__Task prompt__. Please copy, character for character, each line from the beginning of the listing to the line containing "(nodes_written result (map", including both.

__Data records__.

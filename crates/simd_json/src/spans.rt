//! The entry point that writes nodes to a sink whose texts stay in the input.
ghost use Rattle.std.specs.Prelude.{◌≡◌, ◌≤◌, [], map, IfErr, None};
ghost use Rattle.std.specs.List.{All};
ghost use Rattle.std.specs.Result.{result_err};
ghost use Rattle.simd_json.specs.Parsed.{IsParse, nodes_written};
ghost use Rattle.simd_json.specs.Capacities.{KeepsCapacities, capacity};
ghost use Rattle.simd_json_parts.specs.Limits.{max_length};
ghost use Rattle.simd_json_stages.specs.Placed.{LiesIn};

use crate::buffers::Buffers;
use simd_json_parts::error::Result;
use simd_json_stages::stage2::{SpanSink, build_spans};
use std::alloc::Allocator;
use std::marker::Brand;

/// Reads a document as [`fill_tape`](crate::fill_tape) does, and writes its nodes to an empty sink
/// in place of a tape: to a form of the caller's own, in one pass. The sink has room for
/// 4,294,967,295 nodes, since no document has more. It gets each text and the index where that
/// begins, and keeps no reference to it. So `s` is the caller's again after the call, and the texts
/// are borrowed from there: a string or a key with its escapes decoded, without quotes, and the
/// literal of a number with a fraction or an exponent. [`SpanSink`] has an example.
///
/// The errors are those of [`to_tape`](crate::to_tape). After one without a character sink and
/// input are as they were; after another the sink may hold nodes that were written before the
/// error, and their texts lie in `s`. Other bytes of `s` are unspecified. In any case room of the
/// sink and what it borrows stay the same. If the buffers have capacity for as many bytes as `s`
/// has, `OutOfMemory` is not returned.
#[inline(always)]
pub fn fill_spans<S: SpanSink, A: Allocator>(
    s: &mut [u8],
    buffers: &mut Buffers<A>,
    sink: &mut S,
) -> Result<()>
    requires room { max_length ≤ S.node_room sink.old }
    requires empty { S.placed sink.old ≡ [] }
    ensures parse { IsParse s.old buffers.old.limit (capacity buffers.old) (result_err result)
        (nodes_written result (map (λ p. p.item) (S.placed sink.new))) buffers.new.index.listed }
    ensures texts { All (LiesIn s.new) (S.placed sink.new) }
    ensures unread { IfErr result
        (λ e. e.character ≡ None → (sink.new ≡ sink.old) × (s.new ≡ s.old)) }
    ensures lender { S.lender sink.new ≡ S.lender sink.old }
    ensures room { S.node_room sink.new ≡ S.node_room sink.old }
    ensures limit { buffers.new.limit ≡ buffers.old.limit }
    ensures capacities { KeepsCapacities buffers.old buffers.new }
{
    buffers.find_positions(s)?;
    build_spans::<Brand, S>(
        s,
        buffers.index.scanned(),
        buffers.stack.as_mut_slice(),
        &mut buffers.few,
        sink,
        buffers.max_depth,
    )
}
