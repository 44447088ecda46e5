//! The help texts, in lines of at most 80 columns. Arguments and statuses are described in docs/formats.md alone.

/// The version of the program, and the program logic with which it is proved.
pub const VERSION: &str = "1.0.0 (logic dac8208d650f15bf)";

/// What the program does.
pub const ABOUT: &str = "Audits histories of database transactions, and runs a serializable store.";

/// What follows the list of commands.
pub const MORE: &str = "\
Without a command, ssi reads a history and then a certificate from standard
input, and audits them as `audit` does.

docs/formats.md describes all texts, arguments and exit statuses.";

/// What `audit` does.
pub const AUDIT: &str = "Audits a history by a certificate";

/// What `audit` writes.
pub const AUDIT_MORE: &str = "\
Writes `yes`, or `no` with the first fault.

docs/formats.md describes all texts, arguments and exit statuses.";

/// What `order` does.
pub const ORDER: &str = "Finds a certificate of a history, or a cycle";

/// What `order` writes.
pub const ORDER_MORE: &str = "\
Writes a certificate with which `audit` says yes, or a cycle if there is none.
If the history itself has a fault, writes the `no` that names it.

docs/formats.md describes all texts, arguments and exit statuses.";

/// What `script` does.
pub const SCRIPT: &str = "Carries out commands on a new store";

/// What `script` reads and writes.
pub const SCRIPT_MORE: &str = "\
Reads commands from standard input, one a line, and replies to each at once.
After `stop`, or at the end of the input, writes the history of the store to one
file and a certificate to the other. `audit` says yes to them.

docs/formats.md describes all commands, arguments and exit statuses.";

/// What `serve` does.
pub const SERVE: &str = "Carries out the commands of connections to a socket";

/// What `serve` reads and writes.
pub const SERVE_MORE: &str = "\
Makes a Unix socket, and carries out the commands of its connections on one new
store, as `script` does. After `stop`, writes both files and removes the socket.
With --data the only argument is SOCKET, and all connections are served at once.

docs/formats.md describes all commands, arguments and exit statuses.";

/// What `serve --data` reads and writes.
pub const KEEP_MORE: &str = "\
Makes a Unix socket, and carries out the commands of all its connections at once
on the store in the folder. After `stop`, removes the socket.

docs/formats.md describes all commands, arguments and exit statuses.";

/// The argument that names a history.
pub const HISTORY: &str = "The file of the history";

/// The argument that names a certificate.
pub const CERTIFICATE: &str = "The file of the certificate";

/// The argument that names a socket.
pub const SOCKET: &str = "The path of the socket; no file may be there";

/// The argument that names the history to write.
pub const NEW_HISTORY: &str = "The file for the history; created or overwritten";

/// The argument that names the certificate to write.
pub const NEW_CERTIFICATE: &str = "The file for the certificate; created or overwritten";

/// The option that serves all connections at once.
pub const CONCURRENT: &str = "Serve all connections at once";

/// The option that aborts what a connection leaves open.
pub const ABORT_ON_CLOSE: &str = "The same, and abort the sessions of clients that leave";

/// The same option, where all connections are served at once anyway.
pub const KEEP_ABORT_ON_CLOSE: &str = "Abort the sessions of clients that leave";

/// The option with which few replies wait for the disk.
pub const EARLY: &str = "Let only `committed` wait for the disk";

/// The option that names a folder.
pub const DATA: &str = "The folder of the data; in place of both files";

/// The option that says how long segments are.
pub const SEGMENT: &str = "Begin the next log after so many; 65536 to 2^40";

/// The option that says how long a session may be idle.
pub const IDLE: &str = "Abort a session that had no command for so long";

/// What `seal` does.
pub const SEAL: &str = "Certifies what a store that keeps its data has done";

/// What `seal` writes.
pub const SEAL_MORE: &str = "\
Writes a history and a certificate beside each segment in DIR but the last,
and `yes` if each segment begins with what the one before ended with.

docs/formats.md describes all texts, arguments and exit statuses.";

/// The argument that names a folder to certify.
pub const SEALED: &str = "The folder of the data; a server may use it";
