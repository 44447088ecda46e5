//! The arguments of the program `ssi`, and what they ask for.
#![tactic(auto)]

mod arguments;
mod command_line;
mod help;
mod idle;
mod segments;
mod storage;

pub use arguments::{LeftOpen, Manner, NoTask, Replies, Task, given_arguments, task_of};
pub use idle::idle_seconds;
pub use segments::{SEGMENT, segment_len};
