//! The length of segments.

ghost use Rattle.std.specs.Prelude.{◌≡◌, ◌≤◌, ℕ, None, IfSome};
ghost use Rattle.std.specs.Str.Parse.{IsNumeral, digits_value, without_leading_plus};

/// How many bytes the log of a segment may have before the next segment is begun, if nothing else is asked for: 64 MiB.
pub const SEGMENT: usize = 67_108_864;

/// Returns the number of bytes that this value of the option `--segment` asks for. `None` if it isn't a number in decimal digits,
/// before which a plus may stand, from 65,536 to 1,099,511,627,776.
pub fn segment_len(text: &str) -> Option<usize>
    ensures len { IfSome result (λ n. IsNumeral 10 (without_leading_plus text.now)
        × (n ≡ digits_value 10 (without_leading_plus text.now)) × (65536 ≤ n) × (n ≤ 1099511627776)) }
    ensures none { result ≡ None → let n = digits_value 10 (without_leading_plus text.now) in
        IsNumeral 10 (without_leading_plus text.now) → 65536 ≤ n → n ≤ 1099511627776 → ⊥ }
{
    match text.parse::<usize>() {
        Ok(len) if len >= 65_536 && len <= 1_099_511_627_776 => Some(len),
        _ => None,
    }
}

__Problem solution__.
filename crates/simd_json/src/spans.rt
//! The entry point that writes nodes to a sink whose texts stay in the input.
ghost use Rattle.std.specs.Prelude.{◌≡◌, ◌≤◌, [], map, IfErr, None};
ghost use Rattle.std.specs.List.{All};
ghost use Rattle.std.specs.Result.{result_err};
ghost use Rattle.simd_json.specs.Parsed.{IsParse, nodes_written};
ghost use Rattle.simd_json.specs.Capacities.{KeepsCapacities, capacity};
ghost use Rattle.simd_json_parts.specs.Limits.{max_length};
ghost use Rattle.simd_json_stages.specs.Placed.{LiesIn};

use crate::buffers::Buffers;
use simd_json_parts::error::Result;
use simd_json_stages::stage2::{SpanSink, build_spans};
use std::alloc::Allocator;
use std::marker::Brand;

/// Reads a document as [`fill_tape`](crate::fill_tape) does, and writes its nodes to an empty sink
/// in place of a tape: to a form of the caller's own, in one pass. The sink has room for
/// 4,294,967,295 nodes, since no document has more. It gets each text and the index where that
/// begins, and keeps no reference to it. So `s` is the caller's again after the call, and the texts
/// are borrowed from there: a string or a key with its escapes decoded, without quotes, and the
/// literal of a number with a fraction or an exponent. [`SpanSink`] has an example.
///
/// The errors are those of [`to_tape`](crate::to_tape). After one without a character sink and
/// input are as they were; after another the sink may hold nodes that were written before the
/// error, and their texts lie in `s`. Other bytes of `s` are unspecified. In any case room of the
/// sink and what it borrows stay the same. If the buffers have capacity for as many bytes as `s`
/// has, `OutOfMemory` is not returned.
#[inline(always)]
pub fn fill_spans<S: SpanSink, A: Allocator>(
    s: &mut [u8],
    buffers: &mut Buffers<A>,
    sink: &mut S,
) -> Result<()>
    requires room { max_length ≤ S.node_room sink.old }
    requires empty { S.placed sink.old ≡ [] }
    ensures parse { IsParse s.old buffers.old.limit (capacity buffers.old) (result_err result)
        (nodes_written result (map (λ p. p.item) (S.placed sink.new))) buffers.new.index.listed }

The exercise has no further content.